You can first test each assets with the substratools
CLI, by running specific ML tasks in your local Python environment.
# for a quicker test, you can change --data-samples-path to a specific data sample, (e.g. assets/train_data_samples/data_sample_0)
# train your model with the train_data
python assets/algo_inference/algo.py train \
--debug \
--opener-path assets/dataset/opener.py \
--data-samples-path assets/train_data_samples \
--output-model-path assets/model/model \
--log-path assets/logs/train.log
# predict the labels of train_data with your previously trained model
python assets/algo_inference/algo.py predict \
--debug \
--opener-path assets/dataset/opener.py \
--data-samples-path assets/train_data_samples \
--output-predictions-path assets/pred-train.csv \
--models-path assets/model/ \
--log-path assets/logs/train_predict.log \
model
# calculate the score of your model on train_data predictions
python assets/objective/metrics.py \
--debug \
--opener-path assets/dataset/opener.py \
--data-samples-path assets/train_data_samples \
--input-predictions-path assets/pred-train.csv \
--output-perf-path assets/perf-train.json \
--log-path assets/logs/train_metrics.log
# predict the labels of test_data with your previously trained model
python assets/algo_inference/algo.py predict \
--debug \
--opener-path assets/dataset/opener.py \
--data-samples-path assets/test_data_samples \
--output-predictions-path assets/pred-test.csv \
--models-path assets/model/ \
--log-path assets/logs/test_predict.log \
model
# calculate the score of your model on test_data predictions
python assets/objective/metrics.py \
--debug \
--opener-path assets/dataset/opener.py \
--data-samples-path assets/test_data_samples \
--input-predictions-path assets/pred-test.csv \
--output-perf-path assets/perf-test.json \
--log-path assets/logs/test_metrics.log
Before pushing our assets to the platform, we need to make sure they work well. To do so, we can run them locally in a Docker container. This way, if the training fails, we can access the logs and debug our code.

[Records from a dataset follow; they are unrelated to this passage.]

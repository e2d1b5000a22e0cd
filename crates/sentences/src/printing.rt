// The lines that are written: refusals and trees.
ghost use Rattle.std.specs.Prelude.{◌≡◌, ◌++◌, Err, OnOk, MatchResult};
ghost use Rattle.lines.specs.declared.fault.Stop.TheVariants.{Memory};
ghost use Rattle.grammar.specs.Listed.{listed};
ghost use Rattle.sentences.specs.Written.{or_fault, refusal_line, title, spelled, TreeAdded};

use crate::spelling::Spelt;
use lines::{LineFault, Stop};
use refusals::Refusal;
use render::show;
use search::Tree;
use std::alloc::AllocError;
use std::fmt::Display;
use tree::Node;

// What was read of a line, or its fault, which is written; only want of memory is an error.
pub fn faulted<T>(read: Result<T, Stop<LineFault>>) -> Result<Result<T, LineFault>, AllocError>
    ensures { MatchResult result (λ told. read ≡ or_fault told) (λ _. read ≡ Err Memory) }
{
    match read {
        Ok(said) => Ok(Ok(said)),
        Err(Stop::Refusal(fault)) => Ok(Err(fault)),
        Err(Stop::Memory) => Err(AllocError),
    }
}

// Writes (refused NUMBER LINE).
pub fn refused(out: &mut Vec<u8>, refusal: Refusal, line: usize) -> Result<(), AllocError>
    ensures { OnOk result (out.new.items ≡ out.old.items ++ refusal_line refusal line) }
{
    let number = refusal.number();
    let text = format!(in *out.allocator(); "(refused {number} {line})\n")?;
    out.extend_from_slice(text.as_bytes())
}

// Writes (tree COST RUNG KEPT TREE).
pub fn handed<Cost: Display>(
    out: &mut Vec<u8>,
    names: &Spelt<'_>,
    tree: &Tree<Cost>,
    nodes: &[Node],
) -> Result<(), AllocError>
    ensures { OnOk result (TreeAdded (title (listed names.now.grammar.now.categories)) (spelled (listed names.now.grammar.now.words) names.now.words.now) nodes.now (Cost.output tree.now.cost) tree.now.rung tree.now.kept out.old.items out.new.items) }
{
    let Tree {
        cost,
        rung,
        kept,
        ..
    } = tree;
    let head = format!(in *out.allocator(); "(tree {cost} {rung} {kept} ")?;
    out.extend_from_slice(head.as_bytes())?;
    let _left = show(names, nodes, out)?;
    out.extend_from_slice(b")\n")
}
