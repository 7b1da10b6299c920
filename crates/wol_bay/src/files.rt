// Images in a folder, each in a file of its own.
ghost use Rattle.std.specs.Prelude.{◌≡◌, ◌≢◌, ◌+◌, ◌≤◌, [], None, OnOk, OnErr, IfOk, MatchBool, length, option_map, ◌<◌, ◌^◌, ◌*◌, IsErr};
ghost use Rattle.wol_bay.specs.Bay.{came_back};
ghost use Rattle.wol_bay.specs.Parts.{AreBlank, AreCut, blocks_of, faulty_places};
ghost use Rattle.wol_disk.specs.Disk.{Rose};

use crate::bays::Bay;
use crate::devices::make_zero;
use crate::fault::BayFault;
use crate::image_file::ImageFile;
use crate::kept_copies::drop_copies;
use crate::lengths::{BLOCK_BYTES, bytes_of_parts, is_length};
use std::alloc::Global;
use std::fs::{self, File, Metadata, OpenOptions, TryLockError};
use std::io::{self, ErrorKind, Seek, SeekFrom};
use std::os::unix::fs::{FileExt, FileTypeExt, MetadataExt, OpenOptionsExt};
use std::path::Path;
use std::sync::Arc;
use std::thread::sleep;
use std::time::Duration;
use wol_disk::{Block, Disk, Failed, NoMemory};

// How many syncs of an image may run at once.
const SYNCS: u64 = 4;

// The system's numbers for a process, and for a system, in which no more files can be open.
const TOO_MANY_OPEN: [i32; 2] = [24, 23];

// A lock that another process has is tried again so often in a second.
const TRIES: u64 = 50;

const TRY_MILLIS: u64 = 20;

// A device's lock is tried so often at least: others take it for a moment, as to see what is on the device that was just written.
const DEVICE_TRIES: u64 = 100;

/// A folder of images, which tells nothing of them. The image NAME is the file `NAME.vol`. The file is locked while
/// the image is out, so another bay that would hand out the same image fails. What goes out is what the disk has, also
/// where a sync of an earlier run failed. An image is made only where no other entry of the folder is the same file, as by
/// a link, and its file is made for its owner alone. No call makes or writes a file beyond a bound on its bytes: such a
/// call has failed, and the system, which might end the process for it, isn't asked.
///
/// The file may be a block device, which is as long as the image or longer; what lies behind the image stays. `create`
/// refuses a device that is no image yet and has something in its first MiB. Locks are of the node: a device has one.
///
/// A bay that is for reading also hands out an image that may only be read: each write to it has failed. What goes out
/// then is what the system keeps of it, since only who may write has that dropped.
#[derive(Drop)]
pub struct FileBay<'a> {
    rt: HostRuntime,
    alloc: Global,
    folder: &'a str,
    most_bytes: u64,
    // how many more times a lock that another process has is tried again
    tries: u64,
    // whether what may only be read goes out too
    is_for_reading: bool,
    // whether an image is made only where nothing has its name
    only_new: bool,
    faults: u64,
}

/// A part of an image in a file. The parts of an image share its open file, whose lock ends with the last of them. A part
/// has nothing to sync where a sync by another part came behind its last write. Once a sync has failed all later ones of the
/// file fail, since the system tells a failed sync once and may have lost what any part wrote.
#[derive(Drop)]
pub struct FilePart {
    image: Arc<ImageFile, Global>,
    // the number of the last write of this part
    last_write: u64,
    first: u64,
    blocks: u64,
    most_bytes: u64,
    faults: u64,
    ghost small: { blocks < 2 ^ 64 },
}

To test the assets, we'll use substra run-local
, passing it paths to our algorithm of course, but also the opener,
the metrics and to the data samples we want to use. It will launch a training task on the train data, a prediction task on the test data and return the accuracy score.

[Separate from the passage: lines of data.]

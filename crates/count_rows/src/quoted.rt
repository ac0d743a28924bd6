//! Reading a record with quotation marks, byte by byte.

ghost use Rattle.std.specs.Prelude.{◌≡◌, ◌≤◌, ◌-◌, true, take, drop, length, IfOk};
ghost use Rattle.std.specs.List.{list_all};
ghost use Rattle.csv.specs.Machine.{in_field, step};
ghost use Rattle.csv.specs.Reading.{default_config};
ghost use Rattle.count_rows.specs.Reader.{GoesOn};
ghost use Rattle.count_rows.specs.Quoted.{state_at, joins, IsStep};

use crate::fields::Fields;
use crate::lines::is_plain;
use std::alloc::{AllocError, Global};

/// Where the reading of a record stands.
#[derive(Clone, Copy)]
pub enum Place {
    /// Before a field.
    StartField,
    /// In a field without quotation marks.
    InField,
    /// Between quotation marks.
    InQuoted,
    /// Behind a quotation mark that ends a field, or stands for one.
    AfterQuote,
}

/// What a byte does.
#[derive(Clone, Copy)]
pub enum Turn {
    /// Nothing but to lead to this place.
    Skip(Place),
    /// It joins the field.
    Copy(Place),
    /// It ends a field.
    EndField,
    /// It ends the record.
    EndRecord,
}

/// What a byte does outside quotation marks.
fn plain_turn(b: u8) -> Turn
    ensures { IsStep (in_field default_config b) result }
{
    match b {
        b',' => Turn::EndField,
        b'\r' | b'\n' => Turn::EndRecord,
        _ => Turn::Copy(Place::InField),
    }
}

/// What a byte does at a place.
fn turn_at(place: Place, b: u8) -> Turn
    ensures { IsStep (step default_config (state_at place) b) result }
{
    let quote = b == b'"';
    match place {
        Place::StartField => if quote {
            Turn::Skip(Place::InQuoted)
        } else {
            plain_turn(b)
        },
        Place::InField => plain_turn(b),
        Place::InQuoted => if quote {
            Turn::Skip(Place::AfterQuote)
        } else {
            Turn::Copy(Place::InQuoted)
        },
        Place::AfterQuote => if quote {
            Turn::Copy(Place::InQuoted)
        } else {
            plain_turn(b)
        },
    }
}

/// Whether a byte only joins the field at a place.
#[inline(always)]
fn joins(place: Place, b: u8) -> bool
    ensures { result ≡ joins place b }
{
    match place {
        Place::StartField | Place::AfterQuote => false,
        Place::InField => is_plain(b),
        Place::InQuoted => b != b'"',
    }
}

/// The first place from `from` on whose byte doesn't only join the field.
fn joined_end(place: Place, text: &[u8], from: usize) -> usize
    requires { from ≤ length text.now }
    ensures from { from ≤ result }
    ensures within { result ≤ length text.now }
    ensures joined { list_all (joins place) (take (result - from) (drop from text.now)) ≡ true }
{
    for at in from..text.len() {
        if !joins(place, text[at]) {
            return at;
        }
    }
    text.len()
}

/// Takes the record that a text goes on with, and says where other records follow.
pub fn take_quoted(alloc: Global, text: &[u8], fields: &mut Fields) -> Result<usize, AllocError>
    ensures within { IfOk result (λ next. next ≤ length text.now) }
    ensures fields { IfOk result (GoesOn text.now fields.new) }
{
    fields.clear();
    let mut field = Vec::with_capacity(alloc, 64)?;
    let mut place = Place::StartField;
    let mut at = 0;
    while at < text.len() {
        let b = text[at];
        match turn_at(place, b) {
            Turn::Skip(next) => place = next,
            Turn::Copy(next) => {
                field.push(b)?;
                place = next;
            }
            Turn::EndField => {
                fields.push(field.as_slice())?;
                field.clear();
                place = Place::StartField;
            }
            Turn::EndRecord => {
                fields.push(field.as_slice())?;
                return Ok(at + 1);
            }
        }
        let end = joined_end(place, text, at + 1);
        field.extend_from_slice(&text[at + 1..end])?;
        at = end;
    }
    fields.push(field.as_slice())?;
    Ok(text.len())
}
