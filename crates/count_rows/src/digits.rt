//! The value of digits.

ghost use Rattle.std.specs.Prelude.{◌≡◌};
ghost use Rattle.count_rows.specs.Numbers.{count_in};

/// The most that the counts of a table may come to.
pub const MOST: u64 = 1000000000000000;

/// The value of one or more decimal digits, up to 10^15.
pub fn read_count(field: &[u8]) -> Option<u64>
    ensures { result ≡ count_in field.now }
{
    if field.is_empty() {
        return None;
    }
    let mut value: u64 = 0;
    for b in field {
        if *b < b'0' || *b > b'9' {
            return None;
        }
        if value <= MOST {
            value = 10 * value + u64::from(*b - b'0');
        }
    }
    if value <= MOST { Some(value) } else { None }
}
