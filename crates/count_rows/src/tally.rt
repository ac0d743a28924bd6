//! What the records so far give.

ghost use Rattle.std.specs.Prelude.{ℕ, ◌≡◌, ◌<◌, ◌≤◌, ◌+◌, ◌^◌, ◌++◌, ◌∷◌, [], List, None, All, OnOk, IfOk, MatchResult, replicate, not, nat_le, length, slice_index, slice_index_or};
ghost use Rattle.mixed_graph.specs.Vocabulary.{with_name, index_of};
ghost use Rattle.count_rows.specs.Records.{Record, field_in, count_of, cell_count};
ghost use Rattle.count_rows.specs.Rows.{list_below};
ghost use Rattle.count_rows.specs.Faults.{most_cells, row_fault, IsExpectedFault};

use crate::digits::{MOST, read_count};
use crate::fault::CountFault;
use crate::fields::Fields;
use crate::levels::Levels;
use std::alloc::{AllocError, Global};

/// The most cells that a table may have.
const MOST_CELLS: u64 = 1048576;

/// Where each record has what is wanted of it.
#[derive(Drop)]
pub struct Columns {
    /// The column of each used vertex, in index order.
    pub places: Vec<usize>,
    /// The column of the counts, if there is one.
    pub count_place: Option<usize>,
}

/// The levels of each used vertex, in index order, and the rows that were read.
#[derive(Drop)]
pub struct Tally {
    /// The levels of each used vertex, in order of first appearance.
    pub levels: Vec<Levels>,
    /// The cell of each row, one behind the other: the number of its level of each used vertex.
    pub cells: Vec<u32>,
    /// The count of each row.
    pub counts: Vec<u64>,
    /// The sum of the counts.
    pub sum: u64,
    pub ghost small: { sum ≤ 10 ^ 15 },
}

/// The count of a record: 1 without a column of counts.
fn count_in_record(row: &Fields, place: Option<usize>) -> Option<u64>
    ensures { result ≡ count_of place row.now }
{
    match place {
        None => Some(1),
        Some(place) => read_count(row.get(place)),
    }
}

/// Adds a record's fields to the levels, and their numbers to the cells.
fn add_fields(
    alloc: Global,
    levels: &mut [Levels],
    cells: &mut Vec<u32>,
    row: &Fields,
    places: &[usize],
) -> Result<(), AllocError>
    requires { length levels.old ≡ length places.now }
    ensures levels { OnOk result ((i : ℕ) → i < length places.now →
        slice_index_or levels.new i [] ≡ with_name (slice_index_or levels.old i []) (field_in (slice_index places.now i) row.now)) }
    ensures cells { OnOk result (cells.new.items ≡ cells.old.items
        ++ list_below (length places.now) (λ i. index_of (slice_index_or levels.old i []) (field_in (slice_index places.now i) row.now))) }
{
    for i in 0..places.len() {
        let number = levels[i].add(alloc, row.get(places[i]))?;
        cells.push(number)?;
    }
    Ok(())
}

/// Whether a table with these levels has too many cells.
fn is_too_large(levels: &[Levels]) -> bool
    requires { All (λ ys. 0 < length ys) levels.now }
    ensures { result ≡ not (nat_le (cell_count levels.now) most_cells) }
{
    let mut cells: u64 = 1;
    for level in levels {
        cells *= u64::from(level.count());
        if cells > MOST_CELLS {
            return true;
        }
    }
    false
}

impl Tally {
    ghost use Rattle.count_rows.specs.Tally.{layout_from, HoldsRecords};

    /// No row yet, of this number of used vertices.
    pub fn empty(alloc: Global, vertices: usize) -> Result<Tally, AllocError>
        ensures levels { IfOk result (λ t. t.levels.items ≡ replicate vertices []) }
        ensures cells { IfOk result (λ t. t.cells.items ≡ []) }
        ensures counts { IfOk result (λ t. t.counts.items ≡ []) }
        ensures sum { IfOk result (λ t. t.sum ≡ 0) }
    {
        let mut levels = Vec::new(alloc);
        for _ in 0..vertices {
            levels.push(Levels::empty(alloc))?;
        }
        Ok(Tally {
            levels,
            cells: Vec::new(alloc),
            counts: Vec::new(alloc),
            sum: 0,
        })
    }

    /// Adds the row with this number, from 1.
    pub fn add(
        &mut self,
        alloc: Global,
        row: &Fields,
        number: usize,
        columns: &Columns,
    ) -> Result<(), CountFault>
        requires { length self.old.levels.items ≡ length columns.now.places.items }
        ensures width { length self.new.levels.items ≡ length self.old.levels.items }
        ensures row { (rows : List Record) → HoldsRecords (layout_from columns.now) rows self.old → number ≡ length rows + 1 →
            MatchResult result
            (λ _. HoldsRecords (layout_from columns.now) (rows ++ row.now ∷ []) self.new
            × (row_fault (length row.now) (layout_from columns.now) rows row.now ≡ None))
            (IsExpectedFault (row_fault (length row.now) (layout_from columns.now) rows row.now)) }
    {
        let Some(count) = count_in_record(row, columns.count_place) else {
            return Err(CountFault::Count(number));
        };
        let places = columns.places.as_slice();
        let added = add_fields(
            alloc,
            self.levels.as_mut_slice(),
            &mut self.cells,
            row,
            places,
        );
        if added.is_err() {
            return Err(CountFault::NoMemory);
        }
        if is_too_large(self.levels.as_slice()) {
            return Err(CountFault::TooLarge);
        }
        if count > MOST - self.sum {
            return Err(CountFault::SumTooLarge);
        }
        self.sum += count;
        if self.counts.push(count).is_err() {
            return Err(CountFault::NoMemory);
        }
        Ok(())
    }
}
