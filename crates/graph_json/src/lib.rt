//! Graphs as JSON: their edges by the names of the vertices.
//!
//! `push_graph(&mut object, &names, &graph)` writes `{"directed":[["X","M"]],"bidirected":[["X","Y"]]}`, and `push_edges` the members of this
//! object into another.
#![tactic(auto)]

mod edges;

pub use edges::{push_edges, push_graph};
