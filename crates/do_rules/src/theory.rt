//! What separation and the rules say of models, and models of them.

ghost use Rattle.do_rules.specs.Rules.{IndependenceIsSeparation, PositiveIndependenceIsSeparation, RuleIsSeparation, OpenRulesFail};

/// What separation and the rules say of models, and what models say of them.
pub fn laws()
    ensures independence { IndependenceIsSeparation }
    ensures positive { PositiveIndependenceIsSeparation }
    ensures rules { RuleIsSeparation }
    ensures open { OpenRulesFail }
{}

substra run-local assets/algo_inference \
--train-opener=assets/dataset/opener.py \
--test-opener=assets/dataset/opener.py \
--metrics=assets/objective/ \
--train-data-samples=assets/train_data_samples \
--test-data-samples=assets/test_data_samples
At the end of this step, you'll find in the newly created sandbox/model
folder a model
file that contains your
trained model. There is also a sandbox/pred_train
folder that contains both the predictions made by the model on
train data and the associated performance.
It's more than probable that your code won't run perfectly the first time. Since runs happen in dockers, you can't
debug using prints. Instead, you should use the logging
module from python. All logs can then be consulted at the end
of the run in sandbox/model/log_model.log
.
A script has been written that adds objective, data manager and data samples to substra. It uses the substra
python
sdk to perform actions. It's main goal is to create assets, get their keys and use these keys in the creation of other
assets.
To run it:
pip install -r scripts/requirements.txt
python scripts/add_dataset_objective.py
This script just generated an assets_keys.json
file in the deepfake-detection
folder. This file contains the keys of all assets
we've just created and organizes the keys of the train data samples in folds. This file will be used as input when
adding an algorithm so that we can automatically launch all training and testing tasks.
The script add_train_algo_inference.py
pushes our simple algo to substra and then uses the assets_keys.json
file
we just generated to train it against the dataset and objective we previously set up. It will then update the
assets_keys.json
file with the newly created assets keys (algo, traintuple and testtuple)
To run it:
python scripts/add_train_algo_inference.py
It will end by providing a couple of commands you can use to track the progress of the train and test tuples as well as the associated scores. Alternatively, you can browse the frontend to look up progress and scores.